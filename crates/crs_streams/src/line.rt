//! Lines of bytes: where one ends, and its text.
ghost use Rattle.std.specs.Prelude.{◌≡◌, ◌≢◌, ◌<◌, ◌++◌, ◌∷◌, [], ℕ, List, IfErr, MatchOption, OnErr, OnOk, length};
ghost use Rattle.crs_streams.specs.Lines.{AreLines, HasNoFeed, IsSplit, IsTextOf};

use crate::RunFault;
use bstr::ByteSlice;

/// The most bytes of a line before its line feed.
pub const MAX_LINE: usize = 1_048_576;

/// The bytes before the first line feed, and those after it. `None`: there is no line feed.
pub fn split_line(bytes: &[u8]) -> Option<(&[u8], &[u8])>
    ensures { MatchOption result (HasNoFeed bytes.now) (λ parts. IsSplit bytes.now parts.0.now parts.1.now) }
{
    match bytes.find_byte(b'\n') {
        Some(at) => Some((&bytes[..at], &bytes[at + 1..])),
        None => None,
    }
}

/// The text of a line that ended at a line feed, without a return at its end.
pub fn text_of(line: &[u8]) -> &[u8]
    ensures { IsTextOf line.now result.now }
{
    match line.split_last() {
        Some((b'\r', text)) => text,
        _ => line,
    }
}

/// The text of the first of all lines, and the bytes after it: none where it has no line feed.
pub fn first_line(bytes: &[u8]) -> (&[u8], &[u8])
    requires { bytes.now ≢ [] }
    ensures lines { (lines : List (List ℕ)) → AreLines result.1.now lines → AreLines bytes.now (result.0.now ∷ lines) }
    ensures less { length result.1.now < length bytes.now }
{
    match split_line(bytes) {
        Some((line, rest)) => (text_of(line), rest),
        None => (bytes, &[]),
    }
}

/// Appends the bytes of a line that goes on. `Memory`: there is no memory for them, and `out` is as before.
pub fn append_bytes(out: &mut Vec<u8>, bytes: &[u8]) -> Result<(), RunFault>
    ensures appended { OnOk result (out.new.items ≡ out.old.items ++ bytes.now) }
    ensures unchanged { OnErr result (out.new.items ≡ out.old.items) }
    ensures fault { IfErr result (λ fault. fault ≡ RunFault.Memory) }
{
    out.extend_from_slice(bytes).map_err(|_| RunFault::Memory)
}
.....
Word for word, set down the complete listing once more.

RESULT OF THE EXERCISE -
filename crates/crs_streams/src/line.rt
//! Lines of bytes: where one ends, and its text.
ghost use Rattle.std.specs.Prelude.{◌≡◌, ◌≢◌, ◌<◌, ◌++◌, ◌∷◌, [], ℕ, List, IfErr, MatchOption, OnErr, OnOk, length};
ghost use Rattle.crs_streams.specs.Lines.{AreLines, HasNoFeed, IsSplit, IsTextOf};

use crate::RunFault;
use bstr::ByteSlice;

/// The most bytes of a line before its line feed.
pub const MAX_LINE: usize = 1_048_576;

/// The bytes before the first line feed, and those after it. `None`: there is no line feed.
pub fn split_line(bytes: &[u8]) -> Option<(&[u8], &[u8])>
    ensures { MatchOption result (HasNoFeed bytes.now) (λ parts. IsSplit bytes.now parts.0.now parts.1.now) }
{
    match bytes.find_byte(b'\n') {
        Some(at) => Some((&bytes[..at], &bytes[at + 1..])),
        None => None,
    }
}

/// The text of a line that ended at a line feed, without a return at its end.
pub fn text_of(line: &[u8]) -> &[u8]
    ensures { IsTextOf line.now result.now }
{
    match line.split_last() {
        Some((b'\r', text)) => text,
        _ => line,
    }
}

/// The text of the first of all lines, and the bytes after it: none where it has no line feed.
pub fn first_line(bytes: &[u8]) -> (&[u8], &[u8])
    requires { bytes.now ≢ [] }
    ensures lines { (lines : List (List ℕ)) → AreLines result.1.now lines → AreLines bytes.now (result.0.now ∷ lines) }
    ensures less { length result.1.now < length bytes.now }
{
    match split_line(bytes) {
        Some((line, rest)) => (text_of(line), rest),
        None => (bytes, &[]),
    }
}

/// Appends the bytes of a line that goes on. `Memory`: there is no memory for them, and `out` is as before.
pub fn append_bytes(out: &mut Vec<u8>, bytes: &[u8]) -> Result<(), RunFault>
    ensures appended { OnOk result (out.new.items ≡ out.old.items ++ bytes.now) }
    ensures unchanged { OnErr result (out.new.items ≡ out.old.items) }
    ensures fault { IfErr result (λ fault. fault ≡ RunFault.Memory) }
{
    out.extend_from_slice(bytes).map_err(|_| RunFault::Memory)
}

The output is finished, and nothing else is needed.